By John Lofflin, Special Assignments Editor

Some of your clients see their pets as children. Citizens in some areas have pushed for a legal change that retracts pet ownership in favor of pet guardianship. And other people say, “It’s just a dog.” Yet when conflict arises over the suffering or death of a pet, our court system has to stick to one set of rules that defines the relationship between people and animals. What’s the right definition?

Going back to the beginning, the Bible appears to establish a paradigm of dominion and stewardship in Genesis, later referring to all God’s creations at man’s feet, and implying, Biblical scholars say, both power and responsibility. And Gregory M. Dennis, JD, immediate past president of the American Veterinary Medical Law Association, notes that in medieval times legal matters involving animals were generally dealt with by ecclesiastical courts and not by secular courts. This distinction was due to all animal creatures, small and large, being considered God’s and, therefore, subject to ecclesiastical, rather than secular, authority.

For the first legal move to define animals’ status in the modern era, Dennis, and others, point to the creation in Britain of the Royal Society for the Prevention of Cruelty to Animals in 1824. By 1840, similar societies surfaced in New York City. And by 1900, animal cruelty legislation had reached California, according to David Favre in an historical overview published by the Animal Law Web Center.

The legal principles that laws and courts of this era established have been slow to change. The enduring principles:

• Animals are property.

• Plaintiffs can rarely collect for their pain and suffering at the loss of a pet.

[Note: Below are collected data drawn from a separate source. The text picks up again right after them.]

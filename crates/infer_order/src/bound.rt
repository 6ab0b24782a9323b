//! The names that a pattern binds, and where it begins.

ghost use Rattle.std.specs.Prelude.{◌≡◌, [], ◌∷◌, ◌++◌, OnOk};
ghost use Rattle.elm_canon.specs.View.{pattern_view, patterns_view};
ghost use Rattle.elm_canon.specs.Proper as proper;
ghost use Rattle.type_items.specs.Expressions.{nowhere};
ghost use Rattle.type_items.specs.Patterns.{pattern_start};

use elm_base::names::Name;
use elm_base::position::Pos;
use elm_canon::reference::Ref;
use elm_canon::tree::Pattern;
use std::alloc::AllocError;

/// Adds a local name.
fn push_local(name: &Name, names: &mut Vec<Ref>) -> Result<(), AllocError>
    ensures { OnOk result (names.new.items ≡ names.old.items ++ proper.locals (name.now ∷ [])) }
{
    names.push(Ref::Local(name.clone()?))?;
    Ok(())
}

/// Adds local names.
fn push_locals(locals: &[Name], names: &mut Vec<Ref>) -> Result<(), AllocError>
    ensures { OnOk result (names.new.items ≡ names.old.items ++ proper.locals locals.now) }
{
    for name in locals {
        push_local(name, names)?;
    }
    Ok(())
}

/// Adds the names that a pattern binds, from left to right.
#[cycle(patterns)]
pub(crate) fn push_bound(pattern: &Pattern, names: &mut Vec<Ref>) -> Result<(), AllocError>
    ensures { OnOk result (names.new.items ≡ names.old.items ++ proper.bound_by (pattern_view pattern.now)) }
{
    match pattern {
        Pattern::Anything => Ok(()),
        Pattern::Named(name) => push_local(name, names),
        Pattern::As(inner, name) => {
            push_bound(inner, names)?;
            push_local(name, names)
        }
        Pattern::Exactly(_) => Ok(()),
        Pattern::Construct(_, _, parts) => push_each(parts, names),
        Pattern::Tuple(parts) => push_each(parts, names),
        Pattern::List(items) => push_each(items, names),
        Pattern::Items(items, rest) => {
            push_each(items, names)?;
            push_bound(rest, names)
        }
        Pattern::Fields(fields) => push_locals(fields, names),
        Pattern::Located(_, inner) => push_bound(inner, names),
    }
}

/// Adds the names that patterns bind.
#[cycle(patterns)]
fn push_each(patterns: &[Pattern], names: &mut Vec<Ref>) -> Result<(), AllocError>
    ensures { OnOk result (names.new.items ≡ names.old.items ++ proper.all_bound_by (patterns_view patterns.now)) }
{
    for pattern in patterns {
        push_bound(pattern, names)?;
    }
    Ok(())
}

/// Where a pattern begins. Row and column are 0 where it does not say.
#[tactic(auto, using(elm_canon::proofs::Views::anything_pattern, elm_canon::proofs::Views::named_pattern, elm_canon::proofs::Views::exact_pattern, elm_canon::proofs::Views::construct_pattern, elm_canon::proofs::Views::pattern_of_tuple, elm_canon::proofs::Views::list_pattern, elm_canon::proofs::Views::fields_pattern, elm_canon::proofs::Views::located_pattern, crate::proofs::Binding::list_start))]
pub(crate) fn start(pattern: &Pattern) -> Pos
    ensures { result ≡ pattern_start nowhere (pattern_view pattern.now) }
{
    match pattern {
        Pattern::Located(place, _) => *place,
        Pattern::As(inner, _) => start(inner),
        Pattern::Items(items, rest) => {
            if items.len() == 0 {
                start(rest)
            } else {
                Pos { row: 0, column: 0 }
            }
        }
        Pattern::Anything
        | Pattern::Named(_)
        | Pattern::Exactly(_)
        | Pattern::Construct(_, _, _)
        | Pattern::Tuple(_)
        | Pattern::List(_)
        | Pattern::Fields(_) => Pos { row: 0, column: 0 },
    }
}
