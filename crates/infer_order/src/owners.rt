//! Which definitions a name is of.

ghost use Rattle.std.specs.Prelude.{◌≡◌, ◌++◌, None, IfOk, OnOk, option_map};
ghost use Rattle.elm_canon.specs.declared.reference.Ref.{Ref as PlainRef};
ghost use Rattle.elm_canon.specs.declared.reference.Ref.TheVariants as ref;
ghost use Rattle.infer_order.specs.Owners.{items_of, numbers_of, nothing, put, put_all};

use elm_base::names::Name;
use elm_canon::reference::Ref;
use indexmap::IndexMap;
use std::alloc::{AllocError, Global};

/// The numbers of the definitions that each name is of. To look a name up costs the same however many there are.
#[derive(Drop)]
pub(crate) struct Owners {
    locals: IndexMap<Name, Vec<u32>>,
    tops: IndexMap<(Name, Name), Vec<u32>>,
}

/// The numbers that are there, or none.
fn or_none(alloc: Global, numbers: Option<Vec<u32>>) -> Vec<u32>
    ensures { result.items ≡ items_of numbers }
{
    match numbers {
        Some(list) => list,
        None => Vec::new(alloc),
    }
}

/// Adds the numbers that are there.
fn push_all(numbers: Option<&Vec<u32>>, found: &mut Vec<u32>) -> Result<(), AllocError>
    ensures { OnOk result (found.new.items ≡ found.old.items ++ items_of (option_map (λ v. v.now) numbers.entry)) }
{
    match numbers {
        Some(list) => {
            found.extend_from_slice(list)?;
            Ok(())
        }
        None => Ok(()),
    }
}

impl Owners {
    /// Of no names.
    #[tactic(auto, unfolding(crate::specs::Owners::numbers_of))]
    pub(crate) fn new(alloc: Global) -> Owners
        ensures { (y : PlainRef) → numbers_of result y ≡ nothing y }
    {
        Owners {
            locals: IndexMap::new(alloc),
            tops: IndexMap::new(alloc),
        }
    }

    /// Adds the number of a definition to those of a local name.
    fn add_local(&mut self, alloc: Global, name: &Name, number: u32) -> Result<(), AllocError>
        ensures { OnOk result ((y : PlainRef)
            → numbers_of self.new y ≡ put (ref.Local name.now) number (numbers_of self.old) y) }
    {
        let mut numbers = or_none(alloc, self.locals.swap_remove(name));
        numbers.push(number)?;
        self.locals.insert(name.clone()?, numbers)?;
        Ok(())
    }

    /// Adds the number of a definition to those of a name of a module.
    fn add_top(
        &mut self,
        alloc: Global,
        home: &Name,
        name: &Name,
        number: u32,
    ) -> Result<(), AllocError>
        ensures { OnOk result ((y : PlainRef)
            → numbers_of self.new y ≡ put (ref.Top home.now name.now) number (numbers_of self.old) y) }
    {
        let key = (home.clone()?, name.clone()?);
        let mut numbers = or_none(alloc, self.tops.swap_remove(&key));
        numbers.push(number)?;
        self.tops.insert(key, numbers)?;
        Ok(())
    }

    /// Adds the number of a definition to those of its name `name`.
    pub(crate) fn add(&mut self, alloc: Global, name: &Ref, number: u32) -> Result<(), AllocError>
        ensures { OnOk result ((y : PlainRef) → numbers_of self.new y ≡ put name.now number (numbers_of self.old) y) }
    {
        match name {
            Ref::Local(local) => self.add_local(alloc, local, number),
            Ref::Top(home, top) => self.add_top(alloc, home, top, number),
        }
    }

    /// Adds the numbers of the definitions that the name `name` is of to `found`.
    #[tactic(auto, unfolding(crate::specs::Owners::numbers_of))]
    pub(crate) fn push(&self, name: &Ref, found: &mut Vec<u32>) -> Result<(), AllocError>
        ensures { OnOk result (found.new.items ≡ found.old.items ++ numbers_of self.now name.now) }
    {
        match name {
            Ref::Local(local) => push_all(self.locals.get(local), found),
            Ref::Top(home, top) => {
                let key = (home.clone()?, top.clone()?);
                push_all(self.tops.get(&key), found)
            }
        }
    }
}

Only in the last half of the century have pet owners collected punitive damages, and only for outrageous conduct. Yet more recent shifts in these principles suggest that big changes may be on the horizon, changes that could be important to the practice of veterinary medicine.

For example, courts have levied punitive damages, though in relatively small amounts. Some courts have acknowledged the existence of a bond between humans and animals. A few courts have heard cases in which a litigant has described himself or herself as “guardian” for the animal and sought to recover damages for an animal’s pain and suffering. To date, no state has recognized such a claim. However, bills have been introduced before Massachusetts and New York legislatures to recognize animal guardians and to allow them to sue for an animal’s pain and suffering. And many state legislatures have passed bills that allow people to create trusts to care for animals.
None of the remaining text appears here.